Italian Scientists Develop a Rechargeable Battery from Food

Italian Scientists Develop a Rechargeable Battery from Food

Scientists at the Italian Institute of Technology have developed a rechargeable battery that has been made completely from edible substances. The battery can break up safely in the stomach once it is done with its job.

The prototype device outlined in a new study published in Advanced Materials operates at 0.65 volts and provides a current of 48 microamperes for 12 minutes – enough to power tiny electronics. Its future potential uses range from edible circuits and sensors that can monitor health conditions to the powering of sensors for monitoring food storage conditions. “Moreover, given the level of safety of these batteries, they could be used in children’s toys, where there is a high risk of ingestion,” said Mario Caironi, senior author and molecular electronics researcher at the Italian Institute of Technology.

The rechargeable battery has vitamin riboflavin for the battery’s anode (the negative end), supplement quercetin as cathode (the positive end), electrolyte (which generates the electrical charge) made from a water-based solution, and separator (which prevents short circuits) made from nori, the seaweed used at sushi restaurants. Activated charcoal, often used to treat poisonings, is included to increase electrical conductivity.
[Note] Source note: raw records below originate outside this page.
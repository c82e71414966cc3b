//! Payloads, and the annotations in them.

use sig_base::{Text, TextMap};
use sig_cases::{Answer, Arguments};
use sig_json::Document;
use sig_json_text::compact;
use sig_payload::{Optional, SimpleSigning, read_signing};
use std::alloc::Global;

/// `signing TEXT`: the reference, the digest and the type of the payload, and its annotations.
pub(crate) fn read(arguments: &mut Arguments<'_>, answer: &mut Answer) {
    let alloc = arguments.alloc();
    match read_signing(alloc, arguments.text().as_str().as_bytes()) {
        Ok(signing) => {
            show(alloc, answer, &signing);
            drop(signing);
        }
        Err(error) => answer.error(error),
    }
}

/// `shown_signing TEXT`: the text that the payload is shown as.
pub(crate) fn shown(arguments: &mut Arguments<'_>, answer: &mut Answer) {
    let alloc = arguments.alloc();
    match read_signing(alloc, arguments.text().as_str().as_bytes()) {
        Ok(signing) => {
            match signing.to_string(alloc) {
                Ok(text) => {
                    answer.ok();
                    answer.debug(&text);
                }
                Err(_) => answer.out_of_memory(),
            }
            drop(signing);
        }
        Err(error) => answer.error(error),
    }
}

/// `new_signing REFERENCE DIGEST`: the payload that is made of both.
pub(crate) fn made(arguments: &mut Arguments<'_>, answer: &mut Answer) {
    let alloc = arguments.alloc();
    let reference = arguments.text();
    let digest = arguments.text();
    match SimpleSigning::new(alloc, reference.as_str(), digest.as_str()) {
        Ok(signing) => {
            show(alloc, answer, &signing);
            drop(signing);
        }
        Err(error) => answer.error(error),
    }
}

/// `manifest DIGEST TEXT`: whether the payload is of the image of this digest.
pub(crate) fn manifest(arguments: &mut Arguments<'_>, answer: &mut Answer) {
    let digest = arguments.text();
    match read_signing(arguments.alloc(), arguments.text().as_str().as_bytes()) {
        Ok(signing) => {
            answer.ok();
            answer.value(&signing.satisfies_manifest_digest(digest.as_str()));
            drop(signing);
        }
        Err(error) => answer.error(error),
    }
}

/// `annotations TEXT NAME VALUE NAME VALUE ..`: whether the payload has these annotations, and whether its `optional`
/// has them.
pub(crate) fn annotations(arguments: &mut Arguments<'_>, answer: &mut Answer) {
    let text = arguments.text();
    let asked = asked(arguments, answer);
    match read_signing(arguments.alloc(), text.as_str().as_bytes()) {
        Ok(signing) => {
            answer.ok();
            answer.value(&signing.satisfies_annotations(&asked));
            show_satisfied(answer, &signing.optional, &asked);
            drop(signing);
        }
        Err(error) => answer.error(error),
    }
    drop(asked);
}

/// The arguments to their end as names with their texts.
fn asked(arguments: &mut Arguments<'_>, answer: &mut Answer) -> TextMap {
    let mut asked = TextMap::new(arguments.alloc());
    for _ in 0..u64::MAX {
        if arguments.is_empty() {
            break;
        }
        let name = arguments.text();
        let value = arguments.text();
        if asked.insert(name.as_str(), value.as_str()).is_err() {
            answer.out_of_memory();
        }
    }
    asked
}

fn show_satisfied(answer: &mut Answer, optional: &Option<Optional>, asked: &TextMap) {
    match optional {
        Some(optional) => answer.value(&optional.satisfies_annotations(asked)),
        None => answer.value(&"-"),
    }
}

fn show(alloc: Global, answer: &mut Answer, signing: &SimpleSigning) {
    answer.ok();
    show_signing(alloc, answer, signing);
}

/// Reference, digest and type of a payload, and its annotations.
pub(crate) fn show_signing(alloc: Global, answer: &mut Answer, signing: &SimpleSigning) {
    answer.debug(&signing.critical.identity.docker_reference);
    answer.debug(&signing.critical.image.docker_manifest_digest);
    answer.debug(&signing.critical.type_name);
    match &signing.optional {
        Some(optional) => show_optional(alloc, answer, optional),
        None => answer.value(&"-"),
    }
}

fn show_optional(alloc: Global, answer: &mut Answer, optional: &Optional) {
    show_creator(answer, &optional.creator);
    match optional.timestamp {
        Some(timestamp) => answer.value(&timestamp),
        None => answer.value(&"-"),
    }
    show_document(alloc, answer, &optional.extra);
}

fn show_creator(answer: &mut Answer, creator: &Option<Text>) {
    match creator {
        Some(creator) => answer.debug(creator),
        None => answer.value(&"-"),
    }
}

fn show_document(alloc: Global, answer: &mut Answer, document: &Document) {
    match compact(alloc, document.view()) {
        Ok(text) => answer.value(&text.as_str()),
        Err(_) => answer.out_of_memory(),
    }
}
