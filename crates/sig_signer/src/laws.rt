//! What the definitions mean, and what equality is.
ghost use Rattle.std.specs.Prelude.{◌≡◌, ◌↔◌, IsTrue, ℤ, Ok};
ghost use Rattle.sig_certificate.specs.Certificate.{Cert};
ghost use Rattle.sig_policy.specs.Said.{extension_values_of};
ghost use Rattle.sig_signer.specs.Compared.{HasSingleClaims, IsAsCompared};
ghost use Rattle.sig_signer.specs.Signer.{Signer as signer_type, signer_answer};
ghost use Rattle.sig_x509.specs.Issuance.{Accepts};
ghost use Rattle.sig_x509.specs.Pool.{Pool};

use crate::subject::CertificateSubject;

/// The issuer and workflow that a signer shows are what the policies of sig_policy compare, if the certificate has at
/// most one extension of each of Fulcio's six object identifiers. If there are several, the first is shown, and a
/// policy fails.
pub fn claims_are_compared()
    ensures { (accepts : Accepts) (pool : Pool) (c : Cert) (at now : ℤ) (s : signer_type) → HasSingleClaims c
        → signer_answer accepts pool c at now ≡ Ok s → IsAsCompared s (extension_values_of c) }
{}

/// Two subjects are equal if and only if both are emails or both are URIs, and their texts are equal.
pub fn equal_subjects(one: &CertificateSubject, other: &CertificateSubject) -> bool
    ensures { IsTrue result ↔ (one.now ≡ other.now) }
{
    one == other
}
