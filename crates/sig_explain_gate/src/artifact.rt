//! The result for an artifact: the verdict on it, and what is shown of it.
ghost use Rattle.std.specs.Prelude.{◌≡◌, IfOk, OnOk, Some};
ghost use Rattle.sig_base.specs.ByText.{text_lookup};
ghost use Rattle.sig_explain_gate.specs.Artifact.{AreFound, IsArtifactFound, artifact_tree};
ghost use Rattle.sig_explain_gate.specs.Roots.{AreRead, IsReadRoot};
ghost use Rattle.sig_gate.specs.NamedPolicies.{AreHeldPolicies};
ghost use Rattle.sig_gate_command.specs.Request.{parts_of};
ghost use Rattle.sig_json.specs.Tree.{document_tree};
ghost use Rattle.sig_manifest.specs.Artifact.{artifact_view};
ghost use Rattle.sig_manifest.specs.Manifest.{manifest_view};
ghost use Rattle.sig_manifest.specs.Unknown.{IsNamedIn};

use crate::bundle::find_under;
use crate::roots::{ReadRoot, ReadRoots, read_named};
use sig_base::OutOfMemory;
use sig_explain_verify::VerifyInputs;
use sig_gate::{BundleVerdicts, NamedPolicies, Verdict, hold_policy, is_admitted};
use sig_gate_command::GateRequest;
use sig_json::{Document, Object};
use sig_manifest::Artifact;
use sig_policy::HeldPolicy;
use std::alloc::Global;

/// The verdict on an artifact, and the document that explains it.
#[derive(Drop)]
pub(crate) struct ArtifactFinding {
    pub(crate) verdict: Verdict,
    /// The object with `admitted`, `yes` or `no`; `bundles`, what is shown of each; and `name`.
    pub(crate) document: Document,
}

/// The results for the bundles of an artifact, in order.
#[derive(Drop)]
pub(crate) struct Findings {
    verdicts: BundleVerdicts,
    /// The list of what is shown of each.
    list: Document,
}

/// Returns the result for an artifact. Its trusted root is read and its policy is held afterwards, if it has a bundle.
/// Fails only if out of memory.
pub(crate) fn find_artifact<'a>(
    alloc: Global,
    roots: &mut ReadRoots,
    policies: &mut NamedPolicies<'a>,
    request: &'a GateRequest,
    artifact: &Artifact,
) -> Result<ArtifactFinding, OutOfMemory>
    requires named { IsNamedIn (manifest_view request.now.manifest) (artifact_view artifact.now) }
    requires read { AreRead (manifest_view request.now.manifest) roots.old }
    requires policies { AreHeldPolicies (manifest_view request.now.manifest) policies.old }
    ensures found { IfOk result (IsArtifactFound (parts_of request.entry.now) (artifact_view artifact.now)) }
    ensures read { OnOk result (AreRead (manifest_view request.entry.now.manifest) roots.new) }
    ensures policies { OnOk result (AreHeldPolicies (manifest_view request.entry.now.manifest) policies.new) }
{
    let found = find_bundles(alloc, roots, policies, request, artifact)?;
    let admitted = is_admitted(alloc, &artifact.rule, found.verdicts.as_slice())?;
    let document = written(alloc, admitted, found.list, artifact.name.as_str())?;
    let verdict = Verdict {
        admitted,
        bundles: found.verdicts,
    };
    Ok(ArtifactFinding { verdict, document })
}

/// Returns the results for the bundles of an artifact. Its trusted root is read and its policy is held afterwards, if
/// it has one.
fn find_bundles<'a>(
    alloc: Global,
    roots: &mut ReadRoots,
    policies: &mut NamedPolicies<'a>,
    request: &'a GateRequest,
    artifact: &Artifact,
) -> Result<Findings, OutOfMemory>
    requires named { IsNamedIn (manifest_view request.now.manifest) (artifact_view artifact.now) }
    requires read { AreRead (manifest_view request.now.manifest) roots.old }
    requires policies { AreHeldPolicies (manifest_view request.now.manifest) policies.old }
    ensures found { IfOk result (AreFound (parts_of request.entry.now) (artifact_view artifact.now)
        artifact.now.bundles) }
    ensures read { OnOk result (AreRead (manifest_view request.entry.now.manifest) roots.new) }
    ensures policies { OnOk result (AreHeldPolicies (manifest_view request.entry.now.manifest) policies.new) }
{
    if artifact.bundles.len() == 0 {
        return Ok(Findings {
            verdicts: BundleVerdicts::new(alloc),
            list: Document::list(alloc),
        });
    }
    let name = artifact.root.as_str();
    read_named(alloc, roots, &request.manifest, name)?;
    let Some(root) = roots.get(name) else {
        unreachable!()
    };
    let Some(text) = request.manifest.roots.get(name) else {
        unreachable!()
    };
    let policy_name = artifact.policy.as_str();
    hold_policy(alloc, policies, &request.manifest, policy_name)?;
    let Some(policy) = policies.get(policy_name) else {
        unreachable!()
    };
    let now = request.manifest.now;
    find_each(alloc, root, text.as_bytes(), now, policy, request, artifact)
}

/// Returns the results for the bundles of an artifact under its trusted root, at the manifest's time, and its policy.
fn find_each(
    alloc: Global,
    root: &ReadRoot,
    text: &[u8],
    now: i64,
    policy: &HeldPolicy<'_>,
    request: &GateRequest,
    artifact: &Artifact,
) -> Result<Findings, OutOfMemory>
    requires read { IsReadRoot text.now request.now.manifest.now root.now }
    requires time { now ≡ request.now.manifest.now }
    requires root { text_lookup artifact.now.root request.now.manifest.roots ≡ Some text.now }
    requires policy { text_lookup artifact.now.policy request.now.manifest.policies ≡ Some policy.now }
    ensures { IfOk result (AreFound (parts_of request.entry.now) (artifact_view artifact.now) artifact.now.bundles) }
{
    let mut verdicts = BundleVerdicts::new(alloc);
    let mut list = Document::list(alloc);
    let bundles = artifact.bundles.as_slice();
    'bundles: for bundle in bundles {
        let inputs = VerifyInputs {
            trusted_root: text,
            now,
            digest: &artifact.digest,
            bundle: bundle.as_slice(),
            policy: policy.policy(),
            accepted: &request.accepted,
        };
        let found = find_under(alloc, root, policy, &inputs)?;
        verdicts.push(found.verdict)?;
        list.push(found.document)?;
    }
    Ok(Findings { verdicts, list })
}

/// The object of an artifact.
fn written(
    alloc: Global,
    admitted: bool,
    bundles: Document,
    name: &str,
) -> Result<Document, OutOfMemory>
    ensures { IfOk result (λ document. document_tree document
        ≡ artifact_tree admitted (document_tree bundles) name.now) }
{
    let word = if admitted { "yes" } else { "no" };
    let object = Object::new(alloc).with_text(alloc, "admitted", word)?;
    let object = object.with(alloc, "bundles", bundles)?;
    let object = object.with_text(alloc, "name", name)?;
    Ok(object.into_document())
}
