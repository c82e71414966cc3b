//! Layers of manifests.

use crate::layers::{descriptor, fetched, show_parts};
use crate::trusted::{keys_if_any, pool_if_any};
use sig_cases::{Answer, Arguments};
use sig_cosign::{ImageLayer, Layers, OciDescriptor, build_signature_layers};
use std::alloc::Global;

/// `build COUNT DESCRIPTOR .. COUNT LAYER .. SOURCE KEYS POOL NOW ROWS`: the layers of the descriptors: how many there
/// are, and each as `unsigned` shows it.
pub(crate) fn build(arguments: &mut Arguments<'_>, answer: &mut Answer) {
    let alloc = arguments.alloc();
    let descriptors = descriptors(arguments, answer);
    let layers = layers(arguments, answer);
    let source = arguments.text();
    let keys = keys_if_any(arguments);
    let pool = pool_if_any(arguments, answer);
    let now = arguments.integer();
    let checker = arguments.checker();
    let made = build_signature_layers(
        alloc,
        descriptors.as_slice(),
        source.as_str(),
        layers.as_slice(),
        keys.as_ref(),
        pool.as_ref(),
        now,
        &checker,
    );
    show(alloc, answer, made);
}

fn descriptors(arguments: &mut Arguments<'_>, answer: &mut Answer) -> Vec<OciDescriptor> {
    let mut descriptors = Vec::new(arguments.alloc());
    let count = arguments.natural();
    for _ in 0..count {
        if arguments.is_empty() {
            break;
        }
        let next = descriptor(arguments, answer);
        if descriptors.push(next).is_err() {
            answer.out_of_memory();
        }
    }
    descriptors
}

fn layers(arguments: &mut Arguments<'_>, answer: &mut Answer) -> Vec<ImageLayer> {
    let mut layers = Vec::new(arguments.alloc());
    let count = arguments.natural();
    for _ in 0..count {
        if arguments.is_empty() {
            break;
        }
        let next = fetched(arguments);
        if layers.push(next).is_err() {
            answer.out_of_memory();
        }
    }
    layers
}

fn show(alloc: Global, answer: &mut Answer, made: sig_base::Result<Layers>) {
    match made {
        Ok(layers) => {
            answer.ok();
            answer.value(&layers.len());
            for layer in layers.as_slice() {
                show_parts(alloc, answer, layer);
            }
            drop(layers);
        }
        Err(error) => answer.error(error),
    }
}
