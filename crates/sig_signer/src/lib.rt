//! The signer that a certificate names: the subject and the claims of a certificate from which a path leads to a
//! trust anchor, and that was valid when a log took the signature.
//!
//! ```text
//! subject alternative name (RFC 5280 section 4.2.1.6), the first email or URI:  Email or Uri
//! 1.3.6.1.4.1.57264.1.1 (Fulcio):  who says so
//! 1.3.6.1.4.1.57264.1.2 to .6:     trigger, SHA, name, repository and ref of a GitHub workflow
//! ```
//!
//! The layer above uses three facts. A certificate names the first email or URI of its one subject alternative name.
//! What is returned of a certificate's bytes is its key, its subject and its claims, if and only if a pool finds its
//! issuer, it passes the checks of a certificate that signed, and its key and its claims can be read; and else the
//! first of these that fails is the error. Its claims are the texts that the policies of sig_policy compare, if there
//! is at most one extension of each identifier.
#![tactic(auto)]

mod certificate_signature;
mod claims;
pub mod laws;
mod show;
mod subject;

pub use certificate_signature::{CertificateSignature, pool_error};
pub use subject::CertificateSubject;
The external contacts that transfer the electricity to another device are made of beeswax, connected to food-grade decorative gold.

The prototype that maintains its charge well over dozens of cycles needs to be outside the body to be recharged. “While our edible batteries won’t power electric cars, they are proof that batteries can be made from safer materials than current Li-ion batteries,” says study coauthor, Ivan Ilic, a sustainable energy storage scientist from the Italian Institute of Technology.